Yelp Insights : Data Visualization

Providing Business Owners with a Better Way to Compare Yelp Information

This project aims to provide a visualization tool that illustrates the correlations between the ratings of a particular business and the secondary features that it offers. We plan on using data from Yelp to provide insightful data about what makes a business successful. The primary purpose is to inform prospective business owners about what their business requires to be "successful" in a particular city or area.

This project is an entry for Yelp data contest and is created with the visualisation software Tableau.

Info Visualization
HCED 511
9 weeks

My Roles
Data Visualisation
Interface Design
User Testing

Collaborators
Ying Zheng
Nikhil Venkatesh
Wei-Hung Hsieh


Research


Hypothesis 1: Different kinds of businesses have different secondary features that contribute towards higher star ratings.

Hypothesis 2: For a given business type, the secondary features contributing towards higher ratings vary between different cities / locations.

These two hypotheses are the core of our project. For the purpose of this project, we plan to use the yelp academic challenge dataset. This gives us enough json data to work with. It is formatted well enough to be easy to deal with, but still requires cleaning and pre-formatting before it can be effectively used.

The final product will be a quick visual way to provide our users with a way to get a sense of the market in their location of interest. We believe this will be immensely useful to make business decisions at an early planning stage and will cut the time and resources necessary to conduct market analysis.





Key research question:

1. Is there a correlation between the extra features that a business offers and the ratings it receives on yelp? (eg. Free WiFi, coffee, quiet environments, easy parking, etc.)

2. What are these extra features that highly rated restaurants have in common?

3. Are these features universal or do they vary based on the type of location? Are some features more universal than others?

4. Are these features specifically tied to a certain type of restaurant or are they universal?




Data Profile

We analyzed the dataset to profile the data and identify what sort of formatting is necessary, and what potential challenges we would face. The data was provided as a json file. After converting the file to CSV format, we identified useful fields for our analysis.

NOTE: The points outlined below were gathered from a sample set of the two cities we are focusing on (Urbana-Champaign and Las Vegas) - approx. 24400 Rows.



Data Visualization


We listed all the variables available from the yelp dataset, and then identified the key variables that could help answer our research questions. We spent a few minutes brainstorming and sketching on paper. These ideas include using a map to show the clustering of different type of restaurants in the two cities, bar charts to illustrate restaurants' average ratings by attributes, and packed bubble graph to display the importance of the attributes, etc.

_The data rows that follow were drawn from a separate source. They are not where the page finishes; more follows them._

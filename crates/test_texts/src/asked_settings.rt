//! The settings of what is asked for.

use std::test::Fail;
use test_kit::holds;
use uca_weights::Weighting::{NonIgnorable, Shifted};
use uca_weights::{Asked, Depth, Numbers, Settings, Weighting};

/// The weighting that is asked for, that of a table, and that of keys.
const WEIGHTINGS: [(Option<Weighting>, Option<Weighting>, Weighting); 6] = [
    (None, None, Shifted),
    (None, Some(NonIgnorable), NonIgnorable),
    (None, Some(Shifted), Shifted),
    (Some(NonIgnorable), None, NonIgnorable),
    (Some(NonIgnorable), Some(Shifted), NonIgnorable),
    (Some(Shifted), Some(NonIgnorable), Shifted),
];

#[test]
fn weighting_is_that_asked_for_or_the_tables_or_shifted(_rt: HostRuntime) -> Result<(), Fail> {
    for (asked, of_table, weighting) in WEIGHTINGS {
        let chosen = Asked::as_text(asked, Depth::Identical).settings(of_table);
        let wanted = Settings {
            weighting,
            depth: Depth::Identical,
            numbers: Numbers::AsText,
        };
        holds(chosen == wanted, "settings of what is asked for")?;
    }
    Ok(())
}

We started by designing the basic layout of the visualization in wireframe.



Based on the feedback from the first user test, we used Tableau to create the second iteration of the interface. In this version, we included household income data from Zillow into Tableau map to show more neighborhood information. We also eliminated attributes that our user said were not very necessary. To show the distribution of rating, we added a boxplot layered on top of individual restaurant rating above the map view. We also use different levels of red density to show the variance in star ratings.

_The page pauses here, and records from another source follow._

//! A data file, the values of files, and collators over them.

use crate::cases::text_of;
use std::alloc::Global;
use std::test::Fail;
use uca_match::{Collator, Lookup, RowList, Trie};
use uca_table::{read_data, read_packed_table, read_table};
use uca_text::{Normal, normal};
use uca_values::{Data, PackedTable, Table};
use uca_weights::Source;

/// Marks above have the class 230, marks below 220. No code point is Han.
pub const CLASSES: &str = "@data 1\n\
    ccc 0300..0314 230\n\
    ccc 0323..0326 220\n";

/// The table of a table file.
pub fn table_of(alloc: Global, file: &str) -> Result<Table, Fail> {
    Ok(read_table(alloc, &mut Source::new(file.as_bytes()))?)
}

/// The table of a table file, with its rows in a few lists.
pub fn packed_table_of(alloc: Global, file: &str) -> Result<PackedTable, Fail> {
    Ok(read_packed_table(alloc, &mut Source::new(file.as_bytes()))?)
}

/// The properties of a data file.
pub fn data_of(alloc: Global, file: &str) -> Result<Data, Fail> {
    Ok(read_data(alloc, &mut Source::new(file.as_bytes()))?)
}

/// The normal form of some code points, each in hexadecimal digits.
pub fn normal_of(alloc: Global, points: &str, data: &Data) -> Result<Normal, Fail> {
    Ok(normal(alloc, &text_of(alloc, points)?, data)?)
}

/// What is checked of a collator with any lookup.
pub trait Check {
    /// Fails unless the collator is right.
    fn check<L: Lookup>(&self, alloc: Global, collator: &Collator<L>) -> Result<(), Fail>;
}

fn over_rows<C: Check>(alloc: Global, table: &Table, data: &Data, cases: &C) -> Result<(), Fail> {
    let rows = RowList::new(table);
    cases.check(alloc, &Collator::new(&rows, &table.header, data))
}

fn over_trie<C: Check>(alloc: Global, table: &Table, data: &Data, cases: &C) -> Result<(), Fail> {
    let trie = Trie::new(alloc, table)?;
    let checked = cases.check(alloc, &Collator::new(&trie, &table.header, data));
    drop(trie);
    checked
}

fn over_values<C: Check>(alloc: Global, table: &Table, data: &Data, cases: &C) -> Result<(), Fail> {
    over_rows(alloc, table, data, cases)?;
    over_trie(alloc, table, data, cases)
}

fn over_table<C: Check>(alloc: Global, table: &Table, data: &str, cases: &C) -> Result<(), Fail> {
    let data = data_of(alloc, data)?;
    let checked = over_values(alloc, table, &data, cases);
    drop(data);
    checked
}

/// Checks the collators over both lookups of a table file.
pub fn over_both<C: Check>(alloc: Global, table: &str, data: &str, cases: &C) -> Result<(), Fail> {
    let table = table_of(alloc, table)?;
    let checked = over_table(alloc, &table, data, cases);
    drop(table);
    checked
}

Our final prototype includes a map view of the distribution of restaurants in the city, a scatter plot of restaurants aggregated by cuisine type, a stacked horizontal bar chart of WiFi availability of restaurants, and a line graph illustrating the relationship between price range and star rating moderated by noise level. We used color to represent different type of cuisines, so that users can easily compare the distribution of two or more cuisine types on the map.






Final Thoughts


We followed human-centered design process to create this visualization. In the ideation phase, we used descriptive analysis to examine the data profile, found out suitable variables for business decision making, and sketched paper prototypes. We conducted four interviews with our target users and 3 usability studies. Our prototypes evolved from paper drawings to clickable InVision mock-up, and eventually high fidelity prototype on Tableau. Following is some detailed analysis of our visualization, its limitations, and possible direction for future iterations. Therefore, this visualization is meant to serve as a starting point for market analysts use as a guide and build on.